__Work task__
Copy every line that contains the string "Made" from the entries below.

Saved entries
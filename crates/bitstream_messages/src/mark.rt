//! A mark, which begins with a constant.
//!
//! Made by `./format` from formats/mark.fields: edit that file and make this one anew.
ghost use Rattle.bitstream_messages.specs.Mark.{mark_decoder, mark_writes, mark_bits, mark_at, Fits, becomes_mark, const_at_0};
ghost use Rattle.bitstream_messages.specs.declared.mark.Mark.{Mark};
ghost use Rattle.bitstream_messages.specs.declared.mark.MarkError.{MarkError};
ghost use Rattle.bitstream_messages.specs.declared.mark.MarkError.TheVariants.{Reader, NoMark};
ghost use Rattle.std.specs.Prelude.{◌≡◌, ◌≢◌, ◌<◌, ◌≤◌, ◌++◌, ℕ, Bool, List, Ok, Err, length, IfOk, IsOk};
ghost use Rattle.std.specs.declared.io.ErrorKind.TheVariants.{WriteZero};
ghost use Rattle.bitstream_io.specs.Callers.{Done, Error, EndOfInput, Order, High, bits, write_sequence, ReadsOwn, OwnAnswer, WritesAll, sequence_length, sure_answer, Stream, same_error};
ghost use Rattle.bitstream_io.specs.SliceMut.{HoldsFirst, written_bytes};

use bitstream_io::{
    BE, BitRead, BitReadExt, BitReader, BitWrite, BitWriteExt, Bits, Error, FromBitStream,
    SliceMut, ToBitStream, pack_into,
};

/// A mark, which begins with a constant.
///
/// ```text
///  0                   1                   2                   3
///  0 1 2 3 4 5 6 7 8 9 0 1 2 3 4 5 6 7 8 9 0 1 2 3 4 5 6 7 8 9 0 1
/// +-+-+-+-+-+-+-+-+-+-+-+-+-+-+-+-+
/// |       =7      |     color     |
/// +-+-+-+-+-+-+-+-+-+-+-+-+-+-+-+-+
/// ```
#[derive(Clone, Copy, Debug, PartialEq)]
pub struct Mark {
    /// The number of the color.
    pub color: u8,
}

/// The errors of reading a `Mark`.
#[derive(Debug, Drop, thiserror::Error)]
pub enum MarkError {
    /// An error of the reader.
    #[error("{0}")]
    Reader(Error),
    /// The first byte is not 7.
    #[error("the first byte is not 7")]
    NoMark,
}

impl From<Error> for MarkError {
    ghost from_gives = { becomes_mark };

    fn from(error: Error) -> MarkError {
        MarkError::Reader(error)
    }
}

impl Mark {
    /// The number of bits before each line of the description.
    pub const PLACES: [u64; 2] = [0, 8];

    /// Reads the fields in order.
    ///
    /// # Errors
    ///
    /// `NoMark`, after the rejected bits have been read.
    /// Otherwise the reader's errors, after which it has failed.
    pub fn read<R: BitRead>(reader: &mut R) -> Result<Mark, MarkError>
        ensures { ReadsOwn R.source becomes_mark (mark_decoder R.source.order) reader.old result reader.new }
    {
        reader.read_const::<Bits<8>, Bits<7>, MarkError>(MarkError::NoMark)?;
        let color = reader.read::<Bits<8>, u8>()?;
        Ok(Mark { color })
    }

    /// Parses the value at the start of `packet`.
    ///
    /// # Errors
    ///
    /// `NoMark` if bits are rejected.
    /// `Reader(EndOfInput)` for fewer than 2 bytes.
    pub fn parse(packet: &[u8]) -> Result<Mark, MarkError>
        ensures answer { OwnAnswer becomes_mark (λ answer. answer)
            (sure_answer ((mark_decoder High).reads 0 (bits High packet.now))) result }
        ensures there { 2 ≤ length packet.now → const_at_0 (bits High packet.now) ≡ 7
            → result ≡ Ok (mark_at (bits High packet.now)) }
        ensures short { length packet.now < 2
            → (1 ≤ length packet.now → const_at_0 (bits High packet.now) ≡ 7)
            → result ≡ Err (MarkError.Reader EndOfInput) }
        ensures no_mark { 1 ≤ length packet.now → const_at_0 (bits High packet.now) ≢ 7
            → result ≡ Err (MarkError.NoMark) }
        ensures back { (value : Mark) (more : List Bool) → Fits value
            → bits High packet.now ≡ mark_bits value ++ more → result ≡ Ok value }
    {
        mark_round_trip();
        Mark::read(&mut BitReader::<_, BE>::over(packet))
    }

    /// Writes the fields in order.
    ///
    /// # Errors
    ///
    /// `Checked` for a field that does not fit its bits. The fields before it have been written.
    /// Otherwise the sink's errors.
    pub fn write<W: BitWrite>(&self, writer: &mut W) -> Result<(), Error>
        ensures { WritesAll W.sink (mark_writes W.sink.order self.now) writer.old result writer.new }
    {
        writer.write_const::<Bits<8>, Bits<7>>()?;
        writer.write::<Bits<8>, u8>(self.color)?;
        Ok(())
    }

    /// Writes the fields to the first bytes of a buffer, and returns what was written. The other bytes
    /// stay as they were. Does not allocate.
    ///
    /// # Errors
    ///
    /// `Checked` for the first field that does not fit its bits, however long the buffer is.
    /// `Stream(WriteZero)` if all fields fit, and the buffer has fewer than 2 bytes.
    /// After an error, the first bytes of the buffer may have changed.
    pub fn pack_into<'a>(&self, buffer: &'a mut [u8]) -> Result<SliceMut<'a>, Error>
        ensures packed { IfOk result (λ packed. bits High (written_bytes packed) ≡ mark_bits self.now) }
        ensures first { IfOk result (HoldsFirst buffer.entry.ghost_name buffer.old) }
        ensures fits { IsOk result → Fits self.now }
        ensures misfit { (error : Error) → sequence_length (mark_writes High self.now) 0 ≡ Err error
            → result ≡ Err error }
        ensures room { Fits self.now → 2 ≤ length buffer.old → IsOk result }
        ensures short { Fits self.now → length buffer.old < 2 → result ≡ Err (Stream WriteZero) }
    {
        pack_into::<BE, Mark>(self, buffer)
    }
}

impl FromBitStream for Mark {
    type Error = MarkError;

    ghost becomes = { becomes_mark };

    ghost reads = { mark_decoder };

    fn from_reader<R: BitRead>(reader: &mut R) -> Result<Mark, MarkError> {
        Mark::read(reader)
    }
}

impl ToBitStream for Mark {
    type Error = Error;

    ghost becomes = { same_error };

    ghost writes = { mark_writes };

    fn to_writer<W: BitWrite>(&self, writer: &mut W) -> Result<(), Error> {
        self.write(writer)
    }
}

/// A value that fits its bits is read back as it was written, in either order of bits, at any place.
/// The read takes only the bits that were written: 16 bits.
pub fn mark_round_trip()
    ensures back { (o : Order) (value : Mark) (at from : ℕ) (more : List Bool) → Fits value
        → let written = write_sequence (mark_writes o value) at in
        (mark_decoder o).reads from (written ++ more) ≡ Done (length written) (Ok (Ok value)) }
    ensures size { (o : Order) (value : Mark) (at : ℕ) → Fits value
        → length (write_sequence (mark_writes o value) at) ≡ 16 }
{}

--

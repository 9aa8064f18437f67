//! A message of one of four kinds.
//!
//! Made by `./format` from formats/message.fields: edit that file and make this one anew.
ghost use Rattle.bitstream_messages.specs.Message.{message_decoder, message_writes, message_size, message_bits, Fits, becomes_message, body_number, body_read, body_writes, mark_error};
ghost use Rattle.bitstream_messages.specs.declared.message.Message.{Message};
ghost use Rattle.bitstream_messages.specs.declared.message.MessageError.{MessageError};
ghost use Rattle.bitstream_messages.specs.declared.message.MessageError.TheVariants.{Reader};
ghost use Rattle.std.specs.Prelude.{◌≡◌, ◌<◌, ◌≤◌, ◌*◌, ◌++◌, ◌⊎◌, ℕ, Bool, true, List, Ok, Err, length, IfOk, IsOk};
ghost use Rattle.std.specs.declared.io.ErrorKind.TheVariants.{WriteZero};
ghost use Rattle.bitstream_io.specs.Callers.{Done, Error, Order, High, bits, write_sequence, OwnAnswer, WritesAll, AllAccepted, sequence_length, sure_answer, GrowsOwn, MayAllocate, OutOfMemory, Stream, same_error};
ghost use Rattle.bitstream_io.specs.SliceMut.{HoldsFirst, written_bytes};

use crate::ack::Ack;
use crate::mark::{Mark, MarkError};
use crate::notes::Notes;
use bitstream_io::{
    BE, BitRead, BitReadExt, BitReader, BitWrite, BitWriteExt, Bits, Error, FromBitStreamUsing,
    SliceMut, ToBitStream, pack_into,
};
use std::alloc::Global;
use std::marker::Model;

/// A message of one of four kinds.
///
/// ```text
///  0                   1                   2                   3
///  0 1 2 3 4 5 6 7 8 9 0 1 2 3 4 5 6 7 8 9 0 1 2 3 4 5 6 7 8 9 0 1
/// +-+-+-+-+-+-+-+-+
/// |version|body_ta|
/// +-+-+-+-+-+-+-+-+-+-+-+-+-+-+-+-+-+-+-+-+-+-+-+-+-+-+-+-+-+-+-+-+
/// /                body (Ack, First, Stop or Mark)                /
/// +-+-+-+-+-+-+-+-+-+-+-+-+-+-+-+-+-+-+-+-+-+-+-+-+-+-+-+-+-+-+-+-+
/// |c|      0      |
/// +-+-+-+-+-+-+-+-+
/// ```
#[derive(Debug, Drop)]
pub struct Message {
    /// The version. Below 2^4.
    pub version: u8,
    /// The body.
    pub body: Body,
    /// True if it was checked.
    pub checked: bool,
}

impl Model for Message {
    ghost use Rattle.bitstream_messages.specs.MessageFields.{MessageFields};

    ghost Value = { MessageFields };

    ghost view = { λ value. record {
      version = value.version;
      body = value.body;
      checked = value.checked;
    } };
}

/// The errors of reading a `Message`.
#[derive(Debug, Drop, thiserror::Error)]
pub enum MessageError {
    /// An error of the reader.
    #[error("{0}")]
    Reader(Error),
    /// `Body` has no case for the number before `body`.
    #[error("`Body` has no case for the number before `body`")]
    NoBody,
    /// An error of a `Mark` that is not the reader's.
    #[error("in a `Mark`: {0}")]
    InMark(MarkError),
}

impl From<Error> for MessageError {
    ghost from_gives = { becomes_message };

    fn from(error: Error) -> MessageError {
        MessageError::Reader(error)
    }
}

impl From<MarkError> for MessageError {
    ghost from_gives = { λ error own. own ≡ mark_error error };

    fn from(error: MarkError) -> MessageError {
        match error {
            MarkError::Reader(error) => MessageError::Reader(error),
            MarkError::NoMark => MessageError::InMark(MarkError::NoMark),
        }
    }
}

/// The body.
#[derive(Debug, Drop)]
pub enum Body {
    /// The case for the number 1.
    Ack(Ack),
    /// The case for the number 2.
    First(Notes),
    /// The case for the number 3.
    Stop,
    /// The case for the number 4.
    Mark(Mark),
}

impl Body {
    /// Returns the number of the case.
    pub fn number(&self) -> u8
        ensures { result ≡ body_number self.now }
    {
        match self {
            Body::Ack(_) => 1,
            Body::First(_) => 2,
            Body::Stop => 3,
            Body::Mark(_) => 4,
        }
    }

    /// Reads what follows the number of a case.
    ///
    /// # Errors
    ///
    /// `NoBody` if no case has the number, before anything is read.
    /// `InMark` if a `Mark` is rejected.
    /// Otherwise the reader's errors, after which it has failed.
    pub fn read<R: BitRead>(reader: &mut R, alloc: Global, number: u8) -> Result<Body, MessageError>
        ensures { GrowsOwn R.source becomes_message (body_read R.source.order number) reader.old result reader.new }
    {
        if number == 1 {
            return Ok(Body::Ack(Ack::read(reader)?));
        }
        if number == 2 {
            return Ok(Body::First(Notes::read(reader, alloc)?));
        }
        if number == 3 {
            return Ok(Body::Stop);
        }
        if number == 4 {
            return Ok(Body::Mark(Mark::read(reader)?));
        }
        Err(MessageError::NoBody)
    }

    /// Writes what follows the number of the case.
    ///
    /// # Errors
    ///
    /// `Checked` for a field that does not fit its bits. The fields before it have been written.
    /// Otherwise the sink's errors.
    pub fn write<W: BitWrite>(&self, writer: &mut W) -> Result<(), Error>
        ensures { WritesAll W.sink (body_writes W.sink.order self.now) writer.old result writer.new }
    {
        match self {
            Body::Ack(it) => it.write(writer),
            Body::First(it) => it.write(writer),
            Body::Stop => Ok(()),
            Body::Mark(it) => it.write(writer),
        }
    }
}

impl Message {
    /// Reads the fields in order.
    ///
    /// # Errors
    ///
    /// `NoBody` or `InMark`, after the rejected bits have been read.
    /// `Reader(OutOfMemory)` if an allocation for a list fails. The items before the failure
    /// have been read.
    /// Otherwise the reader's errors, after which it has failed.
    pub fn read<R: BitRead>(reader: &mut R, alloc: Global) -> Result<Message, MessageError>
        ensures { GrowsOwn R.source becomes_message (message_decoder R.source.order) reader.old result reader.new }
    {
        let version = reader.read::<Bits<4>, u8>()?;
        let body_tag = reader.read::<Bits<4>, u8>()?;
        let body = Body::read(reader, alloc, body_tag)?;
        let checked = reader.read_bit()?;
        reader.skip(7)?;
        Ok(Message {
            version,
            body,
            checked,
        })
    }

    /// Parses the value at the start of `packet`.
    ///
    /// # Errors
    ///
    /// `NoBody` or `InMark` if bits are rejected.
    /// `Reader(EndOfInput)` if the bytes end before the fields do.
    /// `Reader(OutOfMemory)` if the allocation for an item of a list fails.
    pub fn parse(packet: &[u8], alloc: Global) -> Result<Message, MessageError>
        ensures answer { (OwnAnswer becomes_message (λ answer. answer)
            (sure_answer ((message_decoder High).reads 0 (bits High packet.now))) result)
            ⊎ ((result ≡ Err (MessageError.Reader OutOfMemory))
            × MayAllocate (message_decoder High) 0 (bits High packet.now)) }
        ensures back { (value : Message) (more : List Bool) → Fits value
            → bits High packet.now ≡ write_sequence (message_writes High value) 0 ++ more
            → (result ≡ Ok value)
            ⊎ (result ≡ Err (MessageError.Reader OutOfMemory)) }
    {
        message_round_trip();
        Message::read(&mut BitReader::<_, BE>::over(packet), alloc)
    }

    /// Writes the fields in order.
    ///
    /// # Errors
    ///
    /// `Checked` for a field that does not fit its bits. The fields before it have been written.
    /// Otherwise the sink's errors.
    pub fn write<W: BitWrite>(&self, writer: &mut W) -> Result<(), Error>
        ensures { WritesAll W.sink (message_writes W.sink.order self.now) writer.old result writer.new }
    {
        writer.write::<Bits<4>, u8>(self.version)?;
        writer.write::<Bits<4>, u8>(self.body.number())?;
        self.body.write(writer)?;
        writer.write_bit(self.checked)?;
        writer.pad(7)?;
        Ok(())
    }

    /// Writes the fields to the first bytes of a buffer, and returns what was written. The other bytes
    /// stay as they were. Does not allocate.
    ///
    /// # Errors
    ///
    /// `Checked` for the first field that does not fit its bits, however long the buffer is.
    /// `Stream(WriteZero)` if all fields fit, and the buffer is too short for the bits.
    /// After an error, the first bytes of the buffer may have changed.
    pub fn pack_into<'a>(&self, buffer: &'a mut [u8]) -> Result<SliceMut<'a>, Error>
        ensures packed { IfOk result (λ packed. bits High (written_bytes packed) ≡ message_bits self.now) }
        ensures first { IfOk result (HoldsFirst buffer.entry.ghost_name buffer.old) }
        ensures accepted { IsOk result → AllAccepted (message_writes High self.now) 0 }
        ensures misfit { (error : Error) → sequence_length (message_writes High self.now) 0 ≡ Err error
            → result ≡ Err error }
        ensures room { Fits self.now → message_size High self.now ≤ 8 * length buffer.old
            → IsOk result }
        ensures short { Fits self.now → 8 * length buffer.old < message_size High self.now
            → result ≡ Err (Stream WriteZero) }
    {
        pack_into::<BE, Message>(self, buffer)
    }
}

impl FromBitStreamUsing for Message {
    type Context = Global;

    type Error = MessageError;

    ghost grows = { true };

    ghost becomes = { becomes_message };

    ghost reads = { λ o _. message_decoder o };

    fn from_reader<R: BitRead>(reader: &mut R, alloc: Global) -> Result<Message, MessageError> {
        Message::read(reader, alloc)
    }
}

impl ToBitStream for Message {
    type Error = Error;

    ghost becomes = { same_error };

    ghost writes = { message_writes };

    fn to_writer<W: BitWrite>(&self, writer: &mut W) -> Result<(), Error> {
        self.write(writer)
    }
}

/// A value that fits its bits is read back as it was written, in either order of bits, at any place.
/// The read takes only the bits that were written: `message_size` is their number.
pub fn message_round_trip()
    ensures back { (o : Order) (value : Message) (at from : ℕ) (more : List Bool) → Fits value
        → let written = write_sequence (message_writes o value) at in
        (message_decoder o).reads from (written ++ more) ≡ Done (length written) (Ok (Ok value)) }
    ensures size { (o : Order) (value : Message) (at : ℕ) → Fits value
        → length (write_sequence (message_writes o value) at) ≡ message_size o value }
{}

__Final answer__
//! Made by `./format` from formats/mark.fields: edit that file and make this one anew.
//! Made by `./format` from formats/message.fields: edit that file and make this one anew.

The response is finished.